The epidemic has led to a meteoric rise in rental prices and a severe shortage of supply is not helping. According to the Realtor.com monthly rental report released today, the nation’s average rental price reached its latest new high of $ 1,849 in May, representing a 26.6% increase from 2019 before the epidemic began.
A key factor in the ongoing rent growth is the lack of supply, as rent vacancies that are already in low trend have taken a sharp dive during the epidemic. These trends are amplified in large cities that tend to attract younger residents, many of whom are in the early stages of their careers and are looking for flexibility in their living conditions.
While May marks the 10th straight month of double-digit annual growth in national rents, the increase is the smallest since September 2021, giving tenants a light look at the end of the tunnel.
“There is no question that tenants are facing sky-high prices,” said Daniel Hale, chief economist at Realtor.com. “And rising inflation reflects price jumps on both rents and daily costs.

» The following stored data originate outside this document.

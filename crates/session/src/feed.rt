// A session: bytes in, bytes out, however the input is cut into pieces.
ghost use Rattle.std.specs.Prelude.{◌≡◌, length};
ghost use Rattle.lines.specs.Writing.{buffer_of};
ghost use Rattle.session.specs.Feeding.{fed, fed_text, finished, piece_held, is_ended, last_of, last_turn, session_start, line_done_by, unended_line};

use crate::answer::put_verdict;
use crate::stage::{Core, Stage};
use crate::turn::Turned;
use fields::Carry;
use lines::read::First;
use lines::settle::Settling;
use units::limits::LINE;
use units::{Refusal, Verdict};

#[derive(Clone, Copy)]
pub struct Session {
    pub(crate) core: Core,
    pub(crate) carry: Carry,
}

// The session after a call, how much of the input it took, how much it wrote, and 16 where there was too little room.
// All of it stands with 16 too, which says that nothing is taken: `short` and `Untouched` name each.
#[derive(Clone, Copy)]
pub struct Fed {
    pub next: Session,
    pub took: usize,
    pub wrote: usize,
    pub verdict: Verdict,
}

// Why a piece of n bytes at the end of the input is refused.
#[tactic(auto, unfolding(crate::specs::Feeding::unended, units::specs::Pick::pick))]
fn unended(n: usize) -> Refusal
    ensures { result ≡ Rattle.session.specs.Feeding.unended n }
{
    if LINE < n {
        Refusal::Long
    } else {
        Refusal::Unended
    }
}

#[tactic(auto, unfolding(crate::specs::Feeding::unended_line, units::specs::Pick::pick))]
fn unended_line(n: usize) -> Verdict
    ensures { result ≡ unended_line n }
{
    if n == 0 { Ok(()) } else { Err(unended(n)) }
}

// What the end of the input says, with n bytes held.
#[tactic(auto, unfolding(crate::specs::Feeding::last_of))]
fn last_of(settling: Settling, n: usize, stage: Stage) -> Verdict
    ensures { result ≡ last_of settling n stage }
{
    match stage {
        Stage::Settling => Err(Refusal::Settings {
            line: settling.line(),
            reason: unended(n).number(),
        }),
        Stage::Waiting | Stage::Running => unended_line(n),
        Stage::Ended => Ok(()),
    }
}

impl Session {
    // Nothing is read.
    #[tactic(auto, unfolding(crate::specs::Feeding::session_start))]
    pub fn start() -> Session
        ensures { result ≡ session_start }
    {
        Session {
            core: Core::start(),
            carry: Carry::start(),
        }
    }

    // Whether nothing more is answered: the settings were refused.
    pub fn ended(self) -> bool
        ensures { result ≡ is_ended self.core.stage }
    {
        matches!(self.core.stage, Stage::Ended)
    }

    // The line is closed, or nothing is changed where there was too little room.
    #[tactic(auto, unfolding(crate::specs::Feeding::line_done_by))]
    fn line_done(self, turned: Turned, end: usize) -> Fed
        ensures { result ≡ line_done_by self end turned.next turned.written }
    {
        match turned.written {
            Ok(len) => Fed {
                next: Session {
                    core: turned.next,
                    carry: self.carry.emptied(),
                },
                took: end,
                wrote: len,
                verdict: Ok(()),
            },
            Err(why) => Fed {
                next: self,
                took: 0,
                wrote: 0,
                verdict: Err(why),
            },
        }
    }

    // An input without a line feed.
    fn hold(self, input: &[u8]) -> Fed
        ensures { result ≡ piece_held self input.now }
    {
        Fed {
            next: Session {
                core: self.core,
                carry: self.carry.hold(input, input.len()),
            },
            took: input.len(),
            wrote: 0,
            verdict: Ok(()),
        }
    }

    // Takes the next piece of the input, up to the end of one line at most, and writes that line's answers.
    pub fn feed(self, input: &[u8], out: &mut [u8]) -> Fed
        ensures { (result ≡ fed self input.now (length out.old)) × (out.new ≡ buffer_of (fed_text self input.now) out.old) }
    {
        let First { line, feed } = self.core.first(self.carry, input);
        if feed == input.len() {
            return self.hold(input);
        }
        let turned = self.core.turn(line, self.carry, input, feed + 1, out);
        self.line_done(turned, feed + 1)
    }

    // The input has ended.
    pub fn finish(self, out: &mut [u8]) -> Fed
        ensures { (result ≡ finished self (length out.old)) × (out.new ≡ buffer_of (last_turn self).text out.old) }
    {
        let settling = self.core.settling;
        let last = last_of(settling, self.carry.len(), self.core.stage);
        let turned = Turned {
            next: self.core.settled(Stage::Ended, settling),
            written: put_verdict(last, out),
        };
        self.line_done(turned, 0)
    }
}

Many renters are feeling the pressure on their finances. Still, our May data suggests that rent growth is starting to lose some steam, as revenues cannot continue even in a strong job market.

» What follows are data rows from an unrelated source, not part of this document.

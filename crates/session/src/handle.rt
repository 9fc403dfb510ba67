// A block of input: as much of it as there is room to answer, and all its answers in one buffer.
ghost use Rattle.std.specs.Prelude.{◌≡◌, length};
ghost use Rattle.lines.specs.Writing.{buffer_of};
ghost use Rattle.session.specs.Handling.{handled, handled_text, room_verdict};

use crate::feed::{Fed, Session};
use crate::run::ROOM;
use units::{Refusal, Verdict};

// 16 where there is too little room.
#[tactic(auto, unfolding(crate::specs::Handling::room_verdict, units::specs::Pick::pick))]
fn room_verdict(room: usize) -> Verdict
    ensures { result ≡ room_verdict room }
{
    if room < ROOM {
        Err(Refusal::Room)
    } else {
        Ok(())
    }
}

impl Session {
    // Takes a block as so many calls of `serve` would, each lent the rest of the buffer, while there is room for two lines.
    pub fn handle(self, input: &[u8], out: &mut [u8]) -> Fed
        ensures { (result ≡ handled self input.now (length out.old)) × (out.new ≡ buffer_of (handled_text self input.now (length out.old)) out.old) }
    {
        let mut next = self;
        let mut at: usize = 0;
        let mut filled: usize = 0;
        // A while: `serve` takes a piece of any length.
        while (at < input.len()) & (ROOM <= out.len() - filled) {
            let fed = next.serve(&input[at..], &mut out[filled..]);
            next = fed.next;
            at += fed.took;
            filled += fed.wrote;
        }
        Fed {
            next,
            took: at,
            wrote: filled,
            verdict: room_verdict(out.len()),
        }
    }
}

Hale added, “While rental growth is historically high, rates have been steadily cooling since January, with the pace of the 2021 fever slowing. In some good news for tenants, the slowdown increased in May, meaning that if these trends continue, last month’s revenues will exceed $ 2,000 this summer.
For Americans looking for rental units that are available in their budget, May Trends offer bitter news. On the one hand, national rents posted the smallest gain (+ 15.5%) year-on-year since September 2021, moderating from the January high (+ 17.3%) for the fourth consecutive month. As a result, this summer, rents have taken a step back from their previous projection of $ 2,000. In fact, if rental growth continues to cool, typical asking rentals will not reach that milestone until next year.
In addition, with the forecast that the supply of residential housing for sale will accelerate in the second half of the year, an increase in first-time buying opportunities may take even more pressure from rental demand and prices.
Still, dealing with inflation, rent affordability remains a significant challenge for many tenants across the country. Average rental prices continue its record-breaking series, reaching new highs ($ 1,849) for the 15th consecutive month, and up 26.6% over May 2019 before the epidemic began.
Additionally, all unit sizes post double-digit rental price gains year-over-year: studios, 16.9% to $ 1,530; One-bedrooms, 15.2% to $ 1,708; And two-bedrooms, 14.8% to $ 2,076. Rising inflation further exacerbates economic pressure on the monthly budget of households, as higher rental costs and regular expenses offset income growth.
Real estate has historically come at a premium and is a highly desirable alternative to renting in these areas. According to the Census Bureau data from the first quarter of 2022, rental vacancy rates have decreased compared to large metro areas inside (5.7%) and outside (6.7%).
In May, rents grew year-over-year in all 50 large metros, and at a faster pace than the national rate for nearly half (21) of these markets. The largest annual rental price gains were recorded in Miami (+ 45.8%), Orlando, Florida (+ 28.4%), Providence, Rhode Island (+ 23.8%), San Diego (+ 22.7%) and Tampa (+ 22.4%).
Realtor.com’s analysis highlights the relationship between rental availability and prices in large markets. On one end of the spectrum, the leading tech hub had the nation’s fifth-highest rent ($ 2,889) in May, after Boston posted a 2.4% vacancy rate in 2022-Q1. Conversely, renters can find more affordable options in relatively small and less populated secondary cities.
Of the 10 areas with the highest vacancy rates, nine are among the lower-rent rental markets in May, led by Indianapolis, which has a significantly lower overall rent ($ 1,275) than Boston and a higher vacancy rate (10.9%).